= WHAT THE EXERCISE ASKS =
How many of the lines below include "Works"? Give the number and no other words.

Saved data entries:
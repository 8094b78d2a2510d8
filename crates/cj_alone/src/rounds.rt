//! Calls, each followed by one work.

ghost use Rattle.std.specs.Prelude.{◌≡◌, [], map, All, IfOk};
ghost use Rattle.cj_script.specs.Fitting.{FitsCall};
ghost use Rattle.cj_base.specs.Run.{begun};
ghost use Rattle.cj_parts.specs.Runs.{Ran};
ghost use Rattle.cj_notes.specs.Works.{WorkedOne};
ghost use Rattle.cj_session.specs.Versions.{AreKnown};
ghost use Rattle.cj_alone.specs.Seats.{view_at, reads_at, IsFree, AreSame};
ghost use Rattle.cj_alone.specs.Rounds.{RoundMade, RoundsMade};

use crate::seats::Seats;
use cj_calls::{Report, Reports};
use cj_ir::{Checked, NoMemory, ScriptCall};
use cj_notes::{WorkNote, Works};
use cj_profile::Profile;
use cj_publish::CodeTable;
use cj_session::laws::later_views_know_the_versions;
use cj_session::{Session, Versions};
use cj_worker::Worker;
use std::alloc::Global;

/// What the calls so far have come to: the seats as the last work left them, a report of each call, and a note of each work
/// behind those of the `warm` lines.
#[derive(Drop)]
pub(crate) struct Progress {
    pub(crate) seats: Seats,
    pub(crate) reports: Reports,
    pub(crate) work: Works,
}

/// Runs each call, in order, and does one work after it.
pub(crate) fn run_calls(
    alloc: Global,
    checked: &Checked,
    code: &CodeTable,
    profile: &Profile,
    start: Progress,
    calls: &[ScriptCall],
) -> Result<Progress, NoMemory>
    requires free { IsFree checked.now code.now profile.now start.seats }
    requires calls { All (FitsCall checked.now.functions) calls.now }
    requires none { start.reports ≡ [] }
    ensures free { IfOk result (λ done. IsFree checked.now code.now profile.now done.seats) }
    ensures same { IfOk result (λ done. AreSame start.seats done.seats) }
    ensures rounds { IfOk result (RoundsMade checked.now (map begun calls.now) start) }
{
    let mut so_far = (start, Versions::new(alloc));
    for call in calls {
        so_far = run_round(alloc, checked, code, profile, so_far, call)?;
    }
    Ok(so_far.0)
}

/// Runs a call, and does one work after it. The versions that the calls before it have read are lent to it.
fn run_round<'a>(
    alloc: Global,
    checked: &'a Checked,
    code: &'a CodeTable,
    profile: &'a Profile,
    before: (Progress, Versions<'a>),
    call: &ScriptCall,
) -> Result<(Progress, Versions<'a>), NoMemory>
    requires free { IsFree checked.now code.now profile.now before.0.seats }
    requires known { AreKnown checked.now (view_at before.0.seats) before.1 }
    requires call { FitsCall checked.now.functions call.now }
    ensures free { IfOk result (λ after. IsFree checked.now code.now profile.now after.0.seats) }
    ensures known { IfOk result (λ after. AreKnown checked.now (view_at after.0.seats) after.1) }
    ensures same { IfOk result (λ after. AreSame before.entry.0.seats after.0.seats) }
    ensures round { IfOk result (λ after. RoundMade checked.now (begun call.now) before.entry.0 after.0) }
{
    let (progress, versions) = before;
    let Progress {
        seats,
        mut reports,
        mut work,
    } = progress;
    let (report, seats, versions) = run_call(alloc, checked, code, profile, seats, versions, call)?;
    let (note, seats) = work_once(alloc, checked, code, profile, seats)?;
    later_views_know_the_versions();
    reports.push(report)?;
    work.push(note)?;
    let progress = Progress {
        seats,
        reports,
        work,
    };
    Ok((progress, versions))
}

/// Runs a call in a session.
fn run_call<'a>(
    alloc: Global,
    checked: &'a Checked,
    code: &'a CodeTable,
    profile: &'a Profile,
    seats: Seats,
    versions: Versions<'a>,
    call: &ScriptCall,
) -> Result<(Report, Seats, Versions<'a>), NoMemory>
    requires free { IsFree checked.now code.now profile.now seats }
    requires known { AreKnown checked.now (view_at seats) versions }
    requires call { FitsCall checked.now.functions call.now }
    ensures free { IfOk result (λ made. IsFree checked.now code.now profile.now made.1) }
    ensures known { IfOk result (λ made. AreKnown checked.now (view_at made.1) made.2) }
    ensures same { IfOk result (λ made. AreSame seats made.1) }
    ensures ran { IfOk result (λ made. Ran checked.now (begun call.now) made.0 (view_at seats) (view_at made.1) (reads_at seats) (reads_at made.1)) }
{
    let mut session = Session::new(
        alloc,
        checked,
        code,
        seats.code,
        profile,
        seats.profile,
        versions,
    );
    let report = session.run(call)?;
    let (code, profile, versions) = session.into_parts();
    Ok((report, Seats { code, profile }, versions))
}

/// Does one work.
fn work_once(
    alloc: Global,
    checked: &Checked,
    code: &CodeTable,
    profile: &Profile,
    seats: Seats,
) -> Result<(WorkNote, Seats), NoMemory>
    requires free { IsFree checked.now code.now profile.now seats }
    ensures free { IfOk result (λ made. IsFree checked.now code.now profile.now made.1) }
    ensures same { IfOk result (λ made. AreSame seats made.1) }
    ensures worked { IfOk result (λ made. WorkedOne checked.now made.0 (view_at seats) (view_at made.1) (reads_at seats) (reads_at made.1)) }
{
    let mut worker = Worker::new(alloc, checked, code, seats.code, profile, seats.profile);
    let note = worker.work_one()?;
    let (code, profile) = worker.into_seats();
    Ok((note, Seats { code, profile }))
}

= ANSWER AREA =
3